Records excerpted from a collection
__________________________________________________
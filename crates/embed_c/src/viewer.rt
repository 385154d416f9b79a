//! A viewer of a shared world: it is opened and closed, takes datagrams and makes them.

ghost use Rattle.std.specs.Prelude.{◌≡◌, Some, None, IsTrue, length};
ghost use Rattle.std.specs.Result.{result_map_both};
ghost use Rattle.x3d_values.specs.Ranges.{is_viewer};
ghost use Rattle.share_wire.specs.Messages.{is_ordinal};
ghost use Rattle.share_law.specs.Viewer.{applied_in};
ghost use Rattle.share_core.specs.Viewer.{machine_of};
ghost use Rattle.embed_world.specs.Viewers as viewers;
ghost use Rattle.embed_world.specs.declared.viewer.EmbeddedViewer.{EmbeddedViewer as Embedded};
ghost use Rattle.embed_world.specs.Status.{Asks, CallsOut, HandsOut, no_packet};
ghost use Rattle.embed_c.specs.NodeAnswers.{ViewerOpens, ViewerOpensIf};
ghost use Rattle.embed_world.specs.PeerStatus.{number_by, status_by, status_of_offer, status_of_take, taken_by};
ghost use Rattle.embed_c.specs.Points.{aimed_point};

use crate::inputs::{direction_of, origin_of};
use crate::open::refuse;
use app_jobs::JobFault;
use embed_handles::ViewerHandle;
use embed_handles::viewer_handle::{put, take};
use embed_world::{
    Aim, CLOSED, DONE, EmbeddedViewer, NO_PACKET, RANGE, TakenAs, copy_text, hand_out, tell_offer,
    tell_taken,
};
use share_wire::{is_ordinal, is_viewer};
use std::alloc::Global;
use x3d_values::Point;

/// Returns a viewer on the heap.
fn boxed(alloc: Global, text: &[u8], who: u8, boot: u32) -> Result<Box<EmbeddedViewer>, JobFault>
    requires who { IsTrue (is_viewer who) }
    requires boot { IsTrue (is_ordinal boot) }
    ensures { viewers.IsStarted text.now who boot
        (result_map_both (λ b. b.value) (λ fault. fault) result) }
{
    let viewer = EmbeddedViewer::start(alloc, text, who, boot)?;
    match Box::new(alloc, viewer) {
        Ok(viewer) => Ok(viewer),
        Err(_refused) => Err(JobFault::Memory),
    }
}

/// Frees the viewer of a handle, if it has one.
fn empty(alloc: Global, handle: &mut ViewerHandle)
    ensures { handle.new.viewer ≡ None }
{
    drop(take(handle, alloc));
}

/// Opens the viewer of a scene's text, in place of the one that the handle had.
fn open(
    alloc: Global,
    handle: &mut ViewerHandle,
    text: &[u8],
    who: u8,
    boot: u32,
    refusal: &mut [u8],
    wanted: &mut usize,
) -> u8
    requires who { IsTrue (is_viewer who) }
    requires boot { IsTrue (is_ordinal boot) }
    ensures { ViewerOpens text.now who boot result handle.new.viewer refusal.old wanted.new
        refusal.new }
{
    empty(alloc, handle);
    match boxed(alloc, text, who, boot) {
        Ok(viewer) => {
            put(handle, alloc, viewer);
            copy_text(refusal, b"", wanted);
            DONE
        }
        Err(fault) => refuse(fault, refusal, wanted),
    }
}

/// Opens the viewer of a scene's text as this boot, 1 to 2^32 - 1, of viewer `who`, 0 to 63, in
/// place of the one that the handle had. On a refusal the handle is empty, and the line of the
/// refusal is copied.
#[unsafe(no_mangle)]
pub extern "C" fn x3d_viewer_open(
    alloc: Global,
    handle: &mut ViewerHandle,
    text: &[u8],
    who: u8,
    boot: u32,
    refusal: &mut [u8],
    wanted: &mut usize,
) -> u8
    ensures { ViewerOpensIf (is_viewer who) (is_ordinal boot) text.now who boot handle.old.viewer
        result handle.new.viewer refusal.old wanted.old wanted.new refusal.new }
{
    if !is_viewer(who) {
        return RANGE;
    }
    if !is_ordinal(boot) {
        return RANGE;
    }
    open(alloc, handle, text, who, boot, refusal, wanted)
}

/// Frees the viewer. Does nothing if there is none.
#[unsafe(no_mangle)]
pub extern "C" fn x3d_viewer_close(alloc: Global, handle: &mut ViewerHandle)
    ensures { handle.new.viewer ≡ None }
{
    empty(alloc, handle);
}

/// Writes the number of inputs that were applied, or that had been when memory ran out, to `count`.
#[unsafe(no_mangle)]
pub extern "C" fn x3d_viewer_applied(
    alloc: Global,
    handle: &mut ViewerHandle,
    count: &mut u64,
) -> u8
    ensures kept { handle.new.viewer ≡ handle.old.viewer }
    ensures count { Asks (λ (v : Embedded). applied_in (machine_of v.viewer) v.viewer.state.view)
        handle.old.viewer result count.old count.new }
{
    let Some(viewer) = take(handle, alloc) else {
        return CLOSED;
    };
    *count = viewer.applied();
    put(handle, alloc, viewer);
    DONE
}

/// Writes the viewer's boot to `boot`.
#[unsafe(no_mangle)]
pub extern "C" fn x3d_viewer_boot(alloc: Global, handle: &mut ViewerHandle, boot: &mut u32) -> u8
    ensures kept { handle.new.viewer ≡ handle.old.viewer }
    ensures boot { Asks (λ (v : Embedded). v.viewer.state.boot) handle.old.viewer result boot.old
        boot.new }
{
    let Some(viewer) = take(handle, alloc) else {
        return CLOSED;
    };
    *boot = viewer.boot();
    put(handle, alloc, viewer);
    DONE
}

/// Writes the number of offers that wait to `count`.
#[unsafe(no_mangle)]
pub extern "C" fn x3d_viewer_waiting(
    alloc: Global,
    handle: &mut ViewerHandle,
    count: &mut u32,
) -> u8
    ensures kept { handle.new.viewer ≡ handle.old.viewer }
    ensures count { Asks (λ (v : Embedded). length v.viewer.state.waiting) handle.old.viewer result
        count.old count.new }
{
    let Some(viewer) = take(handle, alloc) else {
        return CLOSED;
    };
    *count = viewer.waiting();
    put(handle, alloc, viewer);
    DONE
}

/// Takes the bytes of a datagram, and writes what the viewer did with it to `taken`.
#[unsafe(no_mangle)]
pub extern "C" fn x3d_viewer_take(
    alloc: Global,
    handle: &mut ViewerHandle,
    bytes: &[u8],
    taken: &mut TakenAs,
) -> u8
    ensures { CallsOut (λ (v : Embedded). viewers.Takes v bytes.now) (status_by status_of_take)
        taken_by handle.old.viewer result handle.new.viewer taken.old taken.new }
{
    let Some(mut viewer) = take(handle, alloc) else {
        return CLOSED;
    };
    let answer = viewer.take(bytes);
    put(handle, alloc, viewer);
    tell_taken(answer, taken)
}

/// Returns the point that the viewer points at.
fn aimed_point(down: bool, aim: &Aim) -> Point
    ensures { result ≡ aimed_point down aim.now }
{
    Point {
        down,
        origin: origin_of(aim),
        dir: direction_of(aim),
    }
}

/// Offers a point, and writes the offer's number to `number`.
fn offer(alloc: Global, handle: &mut ViewerHandle, point: Point, number: &mut u32) -> u8
    ensures { CallsOut (λ (v : Embedded). viewers.Offers v point) (status_by status_of_offer)
        number_by handle.old.viewer result handle.new.viewer number.old number.new }
{
    let Some(mut viewer) = take(handle, alloc) else {
        return CLOSED;
    };
    let answer = viewer.offer(point);
    put(handle, alloc, viewer);
    tell_offer(answer, number)
}

/// Offers what the viewer points at, with the button down or not, and writes the offer's number to
/// `number`.
#[unsafe(no_mangle)]
pub extern "C" fn x3d_viewer_offer(
    alloc: Global,
    handle: &mut ViewerHandle,
    down: bool,
    aim: &Aim,
    number: &mut u32,
) -> u8
    ensures { CallsOut (λ (v : Embedded). viewers.Offers v (aimed_point down aim.now))
        (status_by status_of_offer) number_by handle.old.viewer result handle.new.viewer
        number.old number.new }
{
    let point = aimed_point(down, aim);
    offer(alloc, handle, point, number)
}

/// Copies the datagram of the offer that waits at a place, from 0.
#[unsafe(no_mangle)]
pub extern "C" fn x3d_viewer_resend(
    alloc: Global,
    handle: &mut ViewerHandle,
    place: u32,
    out: &mut [u8],
    wanted: &mut usize,
) -> u8
    ensures kept { handle.new.viewer ≡ handle.old.viewer }
    ensures packet { HandsOut no_packet (λ (v : Embedded). viewers.offer_bytes v place)
        handle.old.viewer result out.old wanted.old wanted.new out.new }
{
    let Some(viewer) = take(handle, alloc) else {
        return CLOSED;
    };
    let packet = viewer.resend(place);
    put(handle, alloc, viewer);
    hand_out(packet, NO_PACKET, out, wanted)
}

/// Copies the datagram that asks for the inputs that the viewer lacks.
#[unsafe(no_mangle)]
pub extern "C" fn x3d_viewer_ask(
    alloc: Global,
    handle: &mut ViewerHandle,
    out: &mut [u8],
    wanted: &mut usize,
) -> u8
    ensures kept { handle.new.viewer ≡ handle.old.viewer }
    ensures packet { HandsOut no_packet (λ (v : Embedded). Some (viewers.ask_bytes v))
        handle.old.viewer result out.old wanted.old wanted.new out.new }
{
    let Some(viewer) = take(handle, alloc) else {
        return CLOSED;
    };
    let packet = viewer.ask();
    put(handle, alloc, viewer);
    hand_out(packet, NO_PACKET, out, wanted)
}
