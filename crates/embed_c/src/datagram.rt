//! What a datagram says.

ghost use Rattle.std.specs.Prelude.{◌≡◌};
ghost use Rattle.embed_world.specs.Datagrams.{read_by};
ghost use Rattle.embed_world.specs.PeerStatus.{status_by, status_of_wire};
ghost use Rattle.share_wire.specs.Decoding.{decoded};

use embed_world::{DatagramAs, read_datagram};

/// Writes what a datagram says to `told`.
#[unsafe(no_mangle)]
pub extern "C" fn x3d_datagram_read(bytes: &[u8], told: &mut DatagramAs) -> u8
    ensures status { result ≡ status_by status_of_wire (decoded bytes.now) }
    ensures told { told.new ≡ read_by told.old (decoded bytes.now) }
{
    read_datagram(bytes, told)
}
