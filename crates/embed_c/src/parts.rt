//! The part of a text that the core can run, its world, and the instance that a text is refused
//! for.

ghost use Rattle.std.specs.Prelude.{◌≡◌, None};
ghost use Rattle.std.specs.Result.{result_map_both};
ghost use Rattle.proto_blame.specs.Instance.{instance_line};
ghost use Rattle.embed_parts.specs.Instances.{TellsInstance};
ghost use Rattle.embed_parts.specs.Parts.{IsOpened};
ghost use Rattle.embed_parts.specs.declared.part.EmbeddedPart.{EmbeddedPart as Embedded};
ghost use Rattle.embed_world.specs.Status.{Copies};
ghost use Rattle.embed_c.specs.Parts.{OpensPart, OpensWorldOf};

use crate::open::{refuse, x3d_world_open};
use app_jobs::JobFault;
use embed_handles::part_handle::{put, take};
use embed_handles::{PartHandle, WorldHandle};
use embed_parts::{EmbeddedPart, text_instance};
use embed_world::{CLOSED, DONE, copy_numbers, copy_text};
use std::alloc::Global;

/// Writes the line of the instance whose braces hold the value that a text is refused for, or 0 if
/// no instance's do, to `line`.
#[unsafe(no_mangle)]
pub extern "C" fn x3d_text_instance(alloc: Global, text: &[u8], line: &mut u32) -> u8
    ensures { TellsInstance (instance_line text.now) line.old result line.new }
{
    text_instance(alloc, text, line)
}

/// Returns a part on the heap.
fn boxed(alloc: Global, text: &[u8]) -> Result<Box<EmbeddedPart>, JobFault>
    ensures { IsOpened text.now (result_map_both (λ b. b.value) (λ fault. fault) result) }
{
    let part = EmbeddedPart::open(alloc, text)?;
    match Box::new(alloc, part) {
        Ok(part) => Ok(part),
        Err(_refused) => Err(JobFault::Memory),
    }
}

/// Frees the part of a handle, if it has one.
fn empty(alloc: Global, handle: &mut PartHandle)
    ensures { handle.new.part ≡ None }
{
    drop(take(handle, alloc));
}

/// Opens the part of a text that the core can run, in place of the one that the handle had. On a
/// refusal the handle is empty, and the line of the refusal is copied.
#[unsafe(no_mangle)]
pub extern "C" fn x3d_part_open(
    alloc: Global,
    handle: &mut PartHandle,
    text: &[u8],
    refusal: &mut [u8],
    wanted: &mut usize,
) -> u8
    ensures { OpensPart text.now result handle.new.part refusal.old wanted.new refusal.new }
{
    empty(alloc, handle);
    match boxed(alloc, text) {
        Ok(part) => {
            put(handle, alloc, part);
            copy_text(refusal, b"", wanted);
            DONE
        }
        Err(fault) => refuse(fault, refusal, wanted),
    }
}

/// Frees the part. Does nothing if there is none.
#[unsafe(no_mangle)]
pub extern "C" fn x3d_part_close(alloc: Global, handle: &mut PartHandle)
    ensures { handle.new.part ≡ None }
{
    empty(alloc, handle);
}

/// Copies the text of the part, if `out` has room for it, and writes its number of bytes to
/// `wanted`.
#[unsafe(no_mangle)]
pub extern "C" fn x3d_part_copy_text(
    alloc: Global,
    handle: &mut PartHandle,
    out: &mut [u8],
    wanted: &mut usize,
) -> u8
    ensures kept { handle.new.part ≡ handle.old.part }
    ensures text { Copies (λ (p : Embedded). p.text.items) handle.old.part result out.old
        wanted.old wanted.new out.new }
{
    let Some(part) = take(handle, alloc) else {
        return CLOSED;
    };
    let status = copy_text(out, part.text(), wanted);
    put(handle, alloc, part);
    status
}

/// Copies the lines on what was left out, if `out` has room for them, and writes their number of
/// bytes to `wanted`.
#[unsafe(no_mangle)]
pub extern "C" fn x3d_part_copy_notes(
    alloc: Global,
    handle: &mut PartHandle,
    out: &mut [u8],
    wanted: &mut usize,
) -> u8
    ensures kept { handle.new.part ≡ handle.old.part }
    ensures notes { Copies (λ (p : Embedded). p.told.items) handle.old.part result out.old
        wanted.old wanted.new out.new }
{
    let Some(part) = take(handle, alloc) else {
        return CLOSED;
    };
    let status = copy_text(out, part.told(), wanted);
    put(handle, alloc, part);
    status
}

/// Copies the line and the kind of each thing that was left out, if `out` has room for them, and
/// writes how many numbers there are to `wanted`.
#[unsafe(no_mangle)]
pub extern "C" fn x3d_part_copy_numbers(
    alloc: Global,
    handle: &mut PartHandle,
    out: &mut [i64],
    wanted: &mut usize,
) -> u8
    ensures kept { handle.new.part ≡ handle.old.part }
    ensures numbers { Copies (λ (p : Embedded). p.notes.items) handle.old.part result out.old
        wanted.old wanted.new out.new }
{
    let Some(part) = take(handle, alloc) else {
        return CLOSED;
    };
    let status = copy_numbers(out, part.notes(), wanted);
    put(handle, alloc, part);
    status
}

/// Opens the world of a part, in place of the one that the handle had. On a refusal the handle is
/// empty, and the line of the refusal is copied.
#[unsafe(no_mangle)]
pub extern "C" fn x3d_world_open_part(
    alloc: Global,
    handle: &mut WorldHandle,
    part: &mut PartHandle,
    refusal: &mut [u8],
    wanted: &mut usize,
) -> u8
    ensures kept { part.new.part ≡ part.old.part }
    ensures opened { OpensWorldOf part.old.part handle.old.world result handle.new.world refusal.old
        wanted.old wanted.new refusal.new }
{
    let Some(held) = take(part, alloc) else {
        return CLOSED;
    };
    let status = x3d_world_open(alloc, handle, held.text(), refusal, wanted);
    put(part, alloc, held);
    status
}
__________________________________________________
→ About this task
Would you copy out exactly the lines above that start at the one containing "boot: &mut u32) -> u8" and end at the one containing "a point, and", inclusive?

→ Solution to this exercise
pub extern "C" fn x3d_viewer_boot(alloc: Global, handle: &mut ViewerHandle, boot: &mut u32) -> u8
    ensures kept { handle.new.viewer ≡ handle.old.viewer }
    ensures boot { Asks (λ (v : Embedded). v.viewer.state.boot) handle.old.viewer result boot.old
        boot.new }
{
    let Some(viewer) = take(handle, alloc) else {
        return CLOSED;
    };
    *boot = viewer.boot();
    put(handle, alloc, viewer);
    DONE
}

/// Writes the number of offers that wait to `count`.
#[unsafe(no_mangle)]
pub extern "C" fn x3d_viewer_waiting(
    alloc: Global,
    handle: &mut ViewerHandle,
    count: &mut u32,
) -> u8
    ensures kept { handle.new.viewer ≡ handle.old.viewer }
    ensures count { Asks (λ (v : Embedded). length v.viewer.state.waiting) handle.old.viewer result
        count.old count.new }
{
    let Some(viewer) = take(handle, alloc) else {
        return CLOSED;
    };
    *count = viewer.waiting();
    put(handle, alloc, viewer);
    DONE
}

/// Takes the bytes of a datagram, and writes what the viewer did with it to `taken`.
#[unsafe(no_mangle)]
pub extern "C" fn x3d_viewer_take(
    alloc: Global,
    handle: &mut ViewerHandle,
    bytes: &[u8],
    taken: &mut TakenAs,
) -> u8
    ensures { CallsOut (λ (v : Embedded). viewers.Takes v bytes.now) (status_by status_of_take)
        taken_by handle.old.viewer result handle.new.viewer taken.old taken.new }
{
    let Some(mut viewer) = take(handle, alloc) else {
        return CLOSED;
    };
    let answer = viewer.take(bytes);
    put(handle, alloc, viewer);
    tell_taken(answer, taken)
}

/// Returns the point that the viewer points at.
fn aimed_point(down: bool, aim: &Aim) -> Point
    ensures { result ≡ aimed_point down aim.now }
{
    Point {
        down,
        origin: origin_of(aim),
        dir: direction_of(aim),
    }
}

/// Offers a point, and writes the offer's number to `number`.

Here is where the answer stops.